To hear some people tell it, angels are all around us. Lincoln spoke about the better angels of our nature, but these people believe actual angels are guiding our lives, their handiwork resulting in what we can only call miracles.

It is certainly an enchanting notion: our loved ones looking down from heaven, intervening on God’s orders, helping us do what we can’t do for ourselves.

We see evidence each day of the ways our fellow human beings make concepts like angels, heaven, and even hell seem like the only sensible remedy for the evils we inflict. Even if, guided by angels or their influence over our natures, we established a better way to exist, we would still have inexorable setbacks like illness and death—the sorts of circumstances that practically compel divine exegesis.

 

iv.

What does it say about me that I offer nothing but praise for the people who helped expedite the death of my mother? More, the people were paid to provide their services. More still, I think anyone should consider themselves fortunate to have a similar experience.

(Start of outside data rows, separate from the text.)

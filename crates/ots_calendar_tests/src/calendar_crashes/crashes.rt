// A book of one commitment and its anchor closes a second round, and gives and anchors its tip. To
// open it takes three calls of the disk, and each of the three then four: the body, a sync, the
// gate, a sync. An image at each moment is opened and asked for both commitments.
use crate::calendar_runs::{
    COMMITMENT, COMPLETE, DIGEST, JOURNAL, LATER, LATER_BLOCK, LATER_COMPLETE, LATER_TIP_ROOT,
    NONCE, SECOND, block_of, book_on, bytes_of, close, counts_of, disk_of, expect_anchor,
    expect_close, expect_tip, handed_back, is_complete, is_pending, is_tip, is_unknown, put,
};
use ots_calendar::Book;
use ots_disk::{Choice, Disk, MemoryDisk};
use std::alloc::Global;
use std::process::Abort;
use std::test::Fail;

/// What is answered of the second commitment.
#[derive(Clone, Copy, Debug, PartialEq, Eq)]
enum Answered {
    Unknown,
    Pending,
    Complete,
}

/// Closes the second round, and gives and anchors its tip.
fn play<D: Disk>(rt: &impl Abort, alloc: Global, book: &mut Book<D>) -> Result<(), Fail> {
    put(book, &DIGEST, NONCE)?;
    expect_close(rt, book, SECOND + 1, Ok(Some(1)))?;
    expect_tip(rt, alloc, book, 1, LATER_TIP_ROOT)?;
    let block = block_of(alloc, LATER_BLOCK)?;
    expect_anchor(rt, book, &block, 8, Ok([1, 1, 8]))
}

/// The same with the book on a disk, which is handed back.
fn play_on<D: Disk + Drop>(rt: &impl Abort, alloc: Global, disk: D) -> Result<D, Fail> {
    let mut book = book_on(alloc, disk)?;
    let ended = play(rt, alloc, &mut book);
    handed_back(ended, book)
}

/// The images that crashes may leave of such a book: at each moment one for each of the choices.
#[derive(Drop)]
struct Images {
    images: Vec<Vec<u8>>,
    /// How many calls were made of the disk. After them is the last moment.
    calls: usize,
}

impl Images {
    /// The image at a moment, the first of which is 1, by the place of its choice.
    fn at(&self, moment: usize, choice: usize) -> Result<&[u8], Fail> {
        let place = moment
            .saturating_sub(1)
            .saturating_mul(CHOICES.len())
            .saturating_add(choice);
        match self.images.get(place) {
            Some(image) => Ok(image.as_slice()),
            None => Err(Fail::from("no such moment")),
        }
    }
}

/// The image of a disk at a moment.
fn image_of(
    alloc: Global,
    disk: &MemoryDisk,
    moment: u64,
    choice: Choice,
) -> Result<Vec<u8>, Fail> {
    if moment < 1 || moment > disk.calls().len() as u64 + 1 {
        return Err(Fail::from("no such moment"));
    }
    let image = disk.image(moment, choice)?;
    Ok(image.items().to_vec(alloc)?)
}

/// Appends the images of a disk at a moment.
fn push_images(
    alloc: Global,
    disk: &MemoryDisk,
    moment: u64,
    images: &mut Vec<Vec<u8>>,
) -> Result<(), Fail> {
    for (choice, _) in CHOICES {
        images.push(image_of(alloc, disk, moment, choice)?)?;
    }
    Ok(())
}

/// The images of a disk at each moment.
fn images_of(alloc: Global, disk: &MemoryDisk) -> Result<Images, Fail> {
    let mut images = Vec::new(alloc);
    let calls = disk.calls().len();
    for moment in 1..=(calls as u64).saturating_add(1) {
        push_images(alloc, disk, moment, &mut images)?;
    }
    Ok(Images { images, calls })
}

/// The images of a book of one commitment and its anchor that makes all these calls.
fn made(rt: &impl Abort, alloc: Global) -> Result<Images, Fail> {
    let bytes = bytes_of(alloc, JOURNAL)?;
    let disk = play_on(rt, alloc, disk_of(alloc, &bytes, &[])?)?;
    images_of(alloc, &disk)
}

/// What a book answers of the second commitment, where it answers the first by its anchor.
fn answer_of<D: Disk>(alloc: Global, book: &Book<D>) -> Result<Answered, Fail> {
    if !is_complete(alloc, book, COMMITMENT, COMPLETE)? {
        return Err(Fail::from("the first is lost"));
    }
    if is_unknown(alloc, book, LATER)? {
        return Ok(Answered::Unknown);
    }
    if is_pending(alloc, book, LATER)? {
        return Ok(Answered::Pending);
    }
    if is_complete(alloc, book, LATER, LATER_COMPLETE)? {
        return Ok(Answered::Complete);
    }
    Err(Fail::from("another anchor"))
}

/// What a book answers of the second commitment, once it is shown that it goes on: it closes a round.
fn found<D: Disk>(alloc: Global, book: &mut Book<D>) -> Result<Answered, Fail> {
    let answer = answer_of(alloc, book)?;
    put(book, &DIGEST, NONCE)?;
    let next = counts_of(book).commits;
    if close(book, SECOND + 2)? != Ok(Some(next)) || answer_of(alloc, book)? != answer {
        return Err(Fail::from("it does not go on"));
    }
    Ok(answer)
}

/// Whether a book gives the tip over the second commitment, and has it once.
fn has_the_tip<D: Disk>(alloc: Global, book: &mut Book<D>) -> Result<bool, Fail> {
    Ok(is_tip(alloc, book, 1, 1, LATER_TIP_ROOT)? && counts_of(book).tips == 2)
}

/// What the book on a disk answers of the second commitment.
fn found_on<D: Disk + Drop>(alloc: Global, disk: D) -> Result<Answered, Fail> {
    found(alloc, &mut book_on(alloc, disk)?)
}

/// Whether the book on a disk has the tip over the second commitment.
fn has_it_on<D: Disk + Drop>(alloc: Global, disk: D) -> Result<bool, Fail> {
    has_the_tip(alloc, &mut book_on(alloc, disk)?)
}

/// What the book of an image answers of the second commitment.
fn found_in(alloc: Global, image: &[u8]) -> Result<Answered, Fail> {
    found_on(alloc, disk_of(alloc, image, &[])?)
}

/// Whether the book of an image has the tip over the second commitment.
fn has_it_in(alloc: Global, image: &[u8]) -> Result<bool, Fail> {
    has_it_on(alloc, disk_of(alloc, image, &[])?)
}

/// What each image at some moments is to answer: where the gate is closed, and where it is open.
#[derive(Clone, Copy)]
struct Answers {
    closed: Answered,
    open: Answered,
}

/// What a crash may make of the writes that no sync has made durable, and whether a gate among them
/// is then open.
const CHOICES: [(Choice, bool); 5] = [
    (Choice::Dropped, false),
    (Choice::Kept, true),
    (Choice::Fill(0x00), false),
    (Choice::Fill(0x37), false),
    (Choice::Fill(0xa5), true),
];

/// The book of an image at this moment answers so.
fn expect_found(
    rt: &impl Abort,
    alloc: Global,
    image: &[u8],
    wanted: Answered,
    moment: usize,
) -> Result<(), Fail> {
    assert_eq!(rt; found_in(alloc, image)?, wanted, "moment {moment}");
    Ok(())
}

/// Each image at this moment has its answer.
fn leave(
    rt: &impl Abort,
    alloc: Global,
    made: &Images,
    moment: usize,
    answers: Answers,
) -> Result<(), Fail> {
    for (choice, (_, open)) in CHOICES.into_iter().enumerate() {
        let wanted = if open { answers.open } else { answers.closed };
        expect_found(rt, alloc, made.at(moment, choice)?, wanted, moment)?;
    }
    Ok(())
}

/// These answers, whatever becomes of the writes.
fn both(answer: Answered) -> Answers {
    Answers {
        closed: answer,
        open: answer,
    }
}

/// The moments up to the first one after `close`.
fn close_moments(rt: &impl Abort, alloc: Global, made: &Images) -> Result<(), Fail> {
    let stored = Answers {
        closed: Answered::Unknown,
        open: Answered::Pending,
    };
    for moment in 1..6 {
        leave(rt, alloc, made, moment, both(Answered::Unknown))?;
    }
    leave(rt, alloc, made, 6, stored)?;
    leave(rt, alloc, made, 7, stored)?;
    leave(rt, alloc, made, 8, both(Answered::Pending))
}

#[test]
fn a_crash_while_a_round_is_closed(rt: HostRuntime) -> Result<(), Fail> {
    let made = made(&rt, rt.alloc())?;
    close_moments(&rt, rt.alloc(), &made)
}

/// The moments from the first in `tip` to the first one after it.
fn tip_moments(rt: &impl Abort, alloc: Global, made: &Images) -> Result<(), Fail> {
    for moment in 8..13 {
        leave(rt, alloc, made, moment, both(Answered::Pending))?;
        for choice in 0..CHOICES.len() {
            let image = made.at(moment, choice)?;
            assert!(rt; has_it_in(alloc, image)?, "moment {moment}");
        }
    }
    Ok(())
}

#[test]
fn a_crash_while_a_tip_is_stored(rt: HostRuntime) -> Result<(), Fail> {
    let made = made(&rt, rt.alloc())?;
    tip_moments(&rt, rt.alloc(), &made)
}

/// The moments from the first in `anchor` to now.
fn anchor_moments(rt: &impl Abort, alloc: Global, made: &Images) -> Result<(), Fail> {
    let stored = Answers {
        closed: Answered::Pending,
        open: Answered::Complete,
    };
    leave(rt, alloc, made, 12, both(Answered::Pending))?;
    leave(rt, alloc, made, 13, both(Answered::Pending))?;
    leave(rt, alloc, made, 14, stored)?;
    leave(rt, alloc, made, 15, stored)?;
    leave(rt, alloc, made, 16, both(Answered::Complete))?;
    assert_eq!(rt; made.calls, 15);
    Ok(())
}

#[test]
fn a_crash_while_an_anchor_is_stored(rt: HostRuntime) -> Result<(), Fail> {
    let made = made(&rt, rt.alloc())?;
    anchor_moments(&rt, rt.alloc(), &made)
}
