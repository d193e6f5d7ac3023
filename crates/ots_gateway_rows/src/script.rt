// A script: its lines, and the blocks of them.
use crate::each::{Block, tell_each};
use crate::scene::Scene;
use ots_row_words::Said;
use std::alloc::Global;
use std::io;
use std::sync::Wait;

/// The scene, and the block whose end is still to come.
#[derive(Drop)]
pub struct Script {
    scene: Scene,
    block: Option<Block>,
}

impl Script {
    /// Nothing was said yet.
    pub fn new(alloc: Global) -> Script {
        Script {
            scene: Scene::new(alloc),
            block: None,
        }
    }

    /// Does what a line says, and tells the line, and what came of it.
    pub fn obey<R: Wait>(
        &mut self,
        rt: &R,
        alloc: Global,
        line: &str,
        said: &mut Said,
    ) -> io::Result<()> {
        said.push(line);
        said.push("\n");
        match self.block.take() {
            Some(block) => self.go_on(rt, alloc, block, line, said),
            None => match line.strip_prefix("each ") {
                Some(calls) => {
                    self.block = Some(Block::new(alloc, calls)?);
                    Ok(())
                }
                None => self.scene.obey(rt, alloc, line, said),
            },
        }
    }

    /// Takes a line of a block, or does the block where it ends.
    fn go_on<R: Wait>(
        &mut self,
        rt: &R,
        alloc: Global,
        block: Block,
        line: &str,
        said: &mut Said,
    ) -> io::Result<()> {
        if line == "end" {
            return tell_each(rt, alloc, &mut self.scene, &block, said);
        }
        let mut block = block;
        block.lines.push(line.to_string(alloc)?)?;
        self.block = Some(block);
        Ok(())
    }
}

Listen: for a country that prides itself on doing so many things so well, America does not handle the process of dying with any particular aplomb. In fact, we are decidedly inadequate when it comes to confronting death, much less helping to expedite it.

At times we need help when we can’t count on ourselves. All too often our medical and religious institutions are ill-equipped to extend the very things they purport to provide.

 

v.

When we are faced with an impossible situations, we can’t afford to rely on angels we’re unable to see. No miracles are necessary since there are those amongst us who provide the support, comfort and grace many of us would pray for.

Hospice nurses are angels of death, which is to say, they perform the sorts of services God’s envoys usually get credit for.

When you or someone you love is confronting a death that will be neither quick nor painless, these ordinary angels are the best hope you have. When even the most compassionate doctors and priests are unable to offer more than kind words and empty promises, hospice nurses do more for us than we can do for ourselves. And that is as close to a real miracle as we can expect to encounter in this world.

*excerpted from a memoir entitled Please Talk About Me When I’m Gone.